Items from a dataset:
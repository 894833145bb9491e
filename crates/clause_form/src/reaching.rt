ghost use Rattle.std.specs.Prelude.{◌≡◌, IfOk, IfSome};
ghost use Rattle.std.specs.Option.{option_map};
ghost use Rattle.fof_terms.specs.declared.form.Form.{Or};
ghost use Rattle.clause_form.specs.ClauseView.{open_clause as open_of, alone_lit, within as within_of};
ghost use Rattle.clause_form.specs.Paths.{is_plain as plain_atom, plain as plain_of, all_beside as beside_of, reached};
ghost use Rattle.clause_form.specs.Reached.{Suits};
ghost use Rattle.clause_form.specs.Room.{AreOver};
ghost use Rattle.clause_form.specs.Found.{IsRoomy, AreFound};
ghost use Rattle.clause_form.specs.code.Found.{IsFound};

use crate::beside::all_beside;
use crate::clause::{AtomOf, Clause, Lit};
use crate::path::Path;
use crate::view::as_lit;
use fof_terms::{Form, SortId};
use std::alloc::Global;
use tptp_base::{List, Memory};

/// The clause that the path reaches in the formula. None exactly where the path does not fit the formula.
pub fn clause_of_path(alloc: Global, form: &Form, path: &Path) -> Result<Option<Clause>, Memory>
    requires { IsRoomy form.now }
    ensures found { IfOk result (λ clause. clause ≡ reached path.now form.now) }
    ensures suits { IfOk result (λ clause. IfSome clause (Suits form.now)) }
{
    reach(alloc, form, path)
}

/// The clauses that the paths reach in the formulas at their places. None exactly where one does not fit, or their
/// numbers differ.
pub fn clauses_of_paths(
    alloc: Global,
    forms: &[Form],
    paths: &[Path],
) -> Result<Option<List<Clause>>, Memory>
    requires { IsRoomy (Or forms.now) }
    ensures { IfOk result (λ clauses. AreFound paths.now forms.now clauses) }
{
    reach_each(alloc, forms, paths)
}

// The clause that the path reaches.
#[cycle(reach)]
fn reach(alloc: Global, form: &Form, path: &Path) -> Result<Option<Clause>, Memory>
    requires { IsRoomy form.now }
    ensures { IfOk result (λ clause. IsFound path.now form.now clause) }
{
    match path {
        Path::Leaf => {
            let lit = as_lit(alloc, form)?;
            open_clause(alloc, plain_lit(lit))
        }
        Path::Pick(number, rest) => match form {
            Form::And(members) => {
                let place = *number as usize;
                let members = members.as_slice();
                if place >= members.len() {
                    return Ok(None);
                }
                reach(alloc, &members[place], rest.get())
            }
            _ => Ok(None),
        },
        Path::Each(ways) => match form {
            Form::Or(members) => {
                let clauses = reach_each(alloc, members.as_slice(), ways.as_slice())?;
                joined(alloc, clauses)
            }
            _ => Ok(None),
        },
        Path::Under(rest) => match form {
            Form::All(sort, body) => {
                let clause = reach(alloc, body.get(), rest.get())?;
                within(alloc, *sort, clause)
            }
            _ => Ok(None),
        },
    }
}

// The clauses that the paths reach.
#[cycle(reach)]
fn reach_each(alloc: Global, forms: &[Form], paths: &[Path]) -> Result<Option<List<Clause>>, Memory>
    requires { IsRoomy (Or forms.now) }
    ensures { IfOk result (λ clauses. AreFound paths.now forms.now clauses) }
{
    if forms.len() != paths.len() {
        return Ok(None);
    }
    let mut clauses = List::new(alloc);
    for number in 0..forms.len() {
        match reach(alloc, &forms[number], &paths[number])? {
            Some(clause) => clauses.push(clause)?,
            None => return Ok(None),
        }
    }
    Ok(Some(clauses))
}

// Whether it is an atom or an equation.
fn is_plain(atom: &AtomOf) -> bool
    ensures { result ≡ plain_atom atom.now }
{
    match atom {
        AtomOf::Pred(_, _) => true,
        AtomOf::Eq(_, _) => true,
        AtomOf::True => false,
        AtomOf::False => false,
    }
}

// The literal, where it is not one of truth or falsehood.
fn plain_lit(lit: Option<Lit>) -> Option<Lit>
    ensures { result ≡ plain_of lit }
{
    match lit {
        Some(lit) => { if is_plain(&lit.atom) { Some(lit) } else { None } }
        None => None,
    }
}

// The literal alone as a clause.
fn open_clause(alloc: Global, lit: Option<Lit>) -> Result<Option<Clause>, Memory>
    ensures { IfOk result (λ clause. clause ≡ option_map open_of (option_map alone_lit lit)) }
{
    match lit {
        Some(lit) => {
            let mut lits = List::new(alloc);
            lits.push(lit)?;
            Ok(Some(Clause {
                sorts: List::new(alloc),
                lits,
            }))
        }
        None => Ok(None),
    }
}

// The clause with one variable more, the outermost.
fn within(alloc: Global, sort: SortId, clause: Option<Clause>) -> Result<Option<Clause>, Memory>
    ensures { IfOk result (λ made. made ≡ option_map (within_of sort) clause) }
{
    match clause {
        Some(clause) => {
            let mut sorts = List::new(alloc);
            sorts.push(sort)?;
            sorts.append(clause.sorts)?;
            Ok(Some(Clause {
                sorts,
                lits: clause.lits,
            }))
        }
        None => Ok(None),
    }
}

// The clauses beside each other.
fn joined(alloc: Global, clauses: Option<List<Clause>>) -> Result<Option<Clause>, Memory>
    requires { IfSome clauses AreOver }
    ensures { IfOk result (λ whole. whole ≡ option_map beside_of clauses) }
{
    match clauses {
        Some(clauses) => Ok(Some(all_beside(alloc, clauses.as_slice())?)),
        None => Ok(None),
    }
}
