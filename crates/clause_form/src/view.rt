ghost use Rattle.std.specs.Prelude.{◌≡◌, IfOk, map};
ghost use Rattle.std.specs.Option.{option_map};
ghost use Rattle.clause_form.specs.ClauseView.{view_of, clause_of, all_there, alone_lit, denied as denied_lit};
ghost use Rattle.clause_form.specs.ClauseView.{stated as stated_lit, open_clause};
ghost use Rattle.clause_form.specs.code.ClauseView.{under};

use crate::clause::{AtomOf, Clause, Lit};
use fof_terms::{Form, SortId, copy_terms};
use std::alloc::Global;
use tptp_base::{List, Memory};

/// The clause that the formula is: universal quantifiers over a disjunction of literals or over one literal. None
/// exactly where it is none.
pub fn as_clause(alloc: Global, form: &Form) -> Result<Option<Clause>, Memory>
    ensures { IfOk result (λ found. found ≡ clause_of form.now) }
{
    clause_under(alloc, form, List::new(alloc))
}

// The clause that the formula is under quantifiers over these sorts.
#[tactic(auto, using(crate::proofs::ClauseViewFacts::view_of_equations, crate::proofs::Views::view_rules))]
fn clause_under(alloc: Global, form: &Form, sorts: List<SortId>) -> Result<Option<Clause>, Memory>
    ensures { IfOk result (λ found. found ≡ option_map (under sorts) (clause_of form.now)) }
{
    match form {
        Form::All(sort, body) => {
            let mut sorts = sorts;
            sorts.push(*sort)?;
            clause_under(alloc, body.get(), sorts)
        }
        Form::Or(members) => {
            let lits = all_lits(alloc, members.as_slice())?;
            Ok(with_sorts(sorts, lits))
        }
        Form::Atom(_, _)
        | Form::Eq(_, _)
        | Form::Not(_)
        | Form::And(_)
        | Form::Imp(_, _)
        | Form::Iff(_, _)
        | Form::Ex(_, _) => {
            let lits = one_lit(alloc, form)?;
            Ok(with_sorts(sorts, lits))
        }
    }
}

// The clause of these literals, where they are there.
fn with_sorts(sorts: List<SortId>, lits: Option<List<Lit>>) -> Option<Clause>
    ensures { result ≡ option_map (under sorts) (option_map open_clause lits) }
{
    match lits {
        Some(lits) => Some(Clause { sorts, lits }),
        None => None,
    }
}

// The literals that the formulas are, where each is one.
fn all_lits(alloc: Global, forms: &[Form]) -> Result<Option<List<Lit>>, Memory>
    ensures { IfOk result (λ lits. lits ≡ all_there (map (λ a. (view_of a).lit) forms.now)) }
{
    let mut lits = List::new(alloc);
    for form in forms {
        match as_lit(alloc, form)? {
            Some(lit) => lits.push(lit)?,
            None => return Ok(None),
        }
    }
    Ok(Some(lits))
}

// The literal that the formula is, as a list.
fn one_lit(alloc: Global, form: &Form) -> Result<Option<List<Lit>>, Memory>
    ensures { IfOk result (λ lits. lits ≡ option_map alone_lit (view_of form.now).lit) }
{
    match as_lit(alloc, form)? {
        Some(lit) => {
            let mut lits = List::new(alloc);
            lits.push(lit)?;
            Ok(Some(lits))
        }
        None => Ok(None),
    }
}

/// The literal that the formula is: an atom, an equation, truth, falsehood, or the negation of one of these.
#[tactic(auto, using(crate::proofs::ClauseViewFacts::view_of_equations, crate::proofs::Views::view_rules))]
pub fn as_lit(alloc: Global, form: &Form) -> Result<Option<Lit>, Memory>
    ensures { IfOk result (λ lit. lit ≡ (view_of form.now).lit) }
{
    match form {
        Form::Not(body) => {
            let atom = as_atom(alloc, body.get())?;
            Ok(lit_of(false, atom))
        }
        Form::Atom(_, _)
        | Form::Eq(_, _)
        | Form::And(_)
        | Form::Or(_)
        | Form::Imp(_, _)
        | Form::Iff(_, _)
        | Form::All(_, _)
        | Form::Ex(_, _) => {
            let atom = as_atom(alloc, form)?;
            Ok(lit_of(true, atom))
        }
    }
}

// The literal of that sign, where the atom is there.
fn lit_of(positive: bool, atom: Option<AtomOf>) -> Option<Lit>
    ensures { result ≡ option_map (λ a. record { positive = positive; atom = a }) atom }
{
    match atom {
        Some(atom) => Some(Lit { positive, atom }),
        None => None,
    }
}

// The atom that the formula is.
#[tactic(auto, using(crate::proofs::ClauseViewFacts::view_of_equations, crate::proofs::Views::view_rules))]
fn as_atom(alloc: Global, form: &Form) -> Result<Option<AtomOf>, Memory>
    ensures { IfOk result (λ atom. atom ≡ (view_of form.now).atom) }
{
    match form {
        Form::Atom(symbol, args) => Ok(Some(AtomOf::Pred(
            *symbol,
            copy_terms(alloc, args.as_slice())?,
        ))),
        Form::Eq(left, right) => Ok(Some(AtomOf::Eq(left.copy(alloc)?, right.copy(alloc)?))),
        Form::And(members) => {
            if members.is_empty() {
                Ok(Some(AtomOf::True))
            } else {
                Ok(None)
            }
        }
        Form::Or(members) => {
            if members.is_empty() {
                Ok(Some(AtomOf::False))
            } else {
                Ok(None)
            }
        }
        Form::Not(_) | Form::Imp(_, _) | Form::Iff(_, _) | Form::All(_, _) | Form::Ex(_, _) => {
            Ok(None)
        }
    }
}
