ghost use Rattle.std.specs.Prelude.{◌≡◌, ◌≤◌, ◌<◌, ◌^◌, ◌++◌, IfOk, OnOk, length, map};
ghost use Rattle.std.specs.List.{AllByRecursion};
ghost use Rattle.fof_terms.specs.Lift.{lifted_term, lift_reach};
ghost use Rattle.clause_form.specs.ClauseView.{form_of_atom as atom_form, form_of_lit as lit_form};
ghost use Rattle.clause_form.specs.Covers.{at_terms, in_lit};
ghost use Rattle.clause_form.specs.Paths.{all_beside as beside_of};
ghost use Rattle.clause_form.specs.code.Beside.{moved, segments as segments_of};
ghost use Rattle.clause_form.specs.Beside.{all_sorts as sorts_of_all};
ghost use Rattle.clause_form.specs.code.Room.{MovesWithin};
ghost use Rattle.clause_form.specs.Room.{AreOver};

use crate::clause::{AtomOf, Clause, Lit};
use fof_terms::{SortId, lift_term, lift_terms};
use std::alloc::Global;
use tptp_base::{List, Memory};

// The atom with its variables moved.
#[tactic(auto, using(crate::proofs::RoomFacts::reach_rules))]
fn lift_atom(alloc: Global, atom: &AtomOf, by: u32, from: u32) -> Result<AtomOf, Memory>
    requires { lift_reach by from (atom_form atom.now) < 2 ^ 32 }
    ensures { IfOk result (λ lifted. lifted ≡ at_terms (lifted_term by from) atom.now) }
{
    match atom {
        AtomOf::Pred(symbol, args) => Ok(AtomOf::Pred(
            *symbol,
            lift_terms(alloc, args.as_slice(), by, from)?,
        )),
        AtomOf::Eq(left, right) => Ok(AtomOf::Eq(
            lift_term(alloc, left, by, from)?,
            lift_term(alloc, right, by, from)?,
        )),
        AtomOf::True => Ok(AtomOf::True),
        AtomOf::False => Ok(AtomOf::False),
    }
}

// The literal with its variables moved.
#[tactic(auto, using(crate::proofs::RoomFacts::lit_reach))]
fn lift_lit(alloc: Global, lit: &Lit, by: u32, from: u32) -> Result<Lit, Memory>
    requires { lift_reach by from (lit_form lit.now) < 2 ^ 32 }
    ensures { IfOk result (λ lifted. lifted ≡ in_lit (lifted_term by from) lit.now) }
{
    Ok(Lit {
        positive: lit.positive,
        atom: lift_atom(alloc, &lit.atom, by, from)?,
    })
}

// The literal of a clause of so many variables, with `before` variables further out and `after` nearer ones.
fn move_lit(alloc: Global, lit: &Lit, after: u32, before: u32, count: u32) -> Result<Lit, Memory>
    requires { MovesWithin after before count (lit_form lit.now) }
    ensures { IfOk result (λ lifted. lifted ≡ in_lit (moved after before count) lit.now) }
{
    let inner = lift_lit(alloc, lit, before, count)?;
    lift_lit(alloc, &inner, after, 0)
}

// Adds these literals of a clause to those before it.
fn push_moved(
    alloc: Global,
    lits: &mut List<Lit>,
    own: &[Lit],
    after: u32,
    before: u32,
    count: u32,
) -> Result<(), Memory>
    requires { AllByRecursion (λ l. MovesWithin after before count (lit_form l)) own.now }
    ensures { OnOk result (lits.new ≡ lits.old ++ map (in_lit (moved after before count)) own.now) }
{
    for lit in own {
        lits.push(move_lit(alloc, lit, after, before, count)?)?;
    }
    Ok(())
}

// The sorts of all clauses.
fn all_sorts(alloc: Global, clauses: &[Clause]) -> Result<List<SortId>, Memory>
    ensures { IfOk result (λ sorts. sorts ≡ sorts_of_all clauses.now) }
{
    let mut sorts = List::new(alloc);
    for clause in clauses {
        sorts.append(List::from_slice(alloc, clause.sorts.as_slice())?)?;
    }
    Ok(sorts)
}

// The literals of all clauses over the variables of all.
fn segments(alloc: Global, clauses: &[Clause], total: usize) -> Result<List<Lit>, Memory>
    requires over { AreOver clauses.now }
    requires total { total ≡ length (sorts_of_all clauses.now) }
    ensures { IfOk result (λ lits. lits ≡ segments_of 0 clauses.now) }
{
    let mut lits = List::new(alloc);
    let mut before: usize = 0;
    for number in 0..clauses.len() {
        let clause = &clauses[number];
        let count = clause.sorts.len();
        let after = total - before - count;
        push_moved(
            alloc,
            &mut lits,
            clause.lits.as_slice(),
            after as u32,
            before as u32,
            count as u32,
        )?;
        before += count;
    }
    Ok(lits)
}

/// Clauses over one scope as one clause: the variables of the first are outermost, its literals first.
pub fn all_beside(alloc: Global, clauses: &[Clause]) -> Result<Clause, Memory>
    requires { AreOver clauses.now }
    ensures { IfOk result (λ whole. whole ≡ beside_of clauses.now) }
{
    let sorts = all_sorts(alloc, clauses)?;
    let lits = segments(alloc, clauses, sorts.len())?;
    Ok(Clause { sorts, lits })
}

— BRIEF —
Find how many lines in the entries include the string "these", and state only the number.

— OUTPUT FOR THIS TASK —
4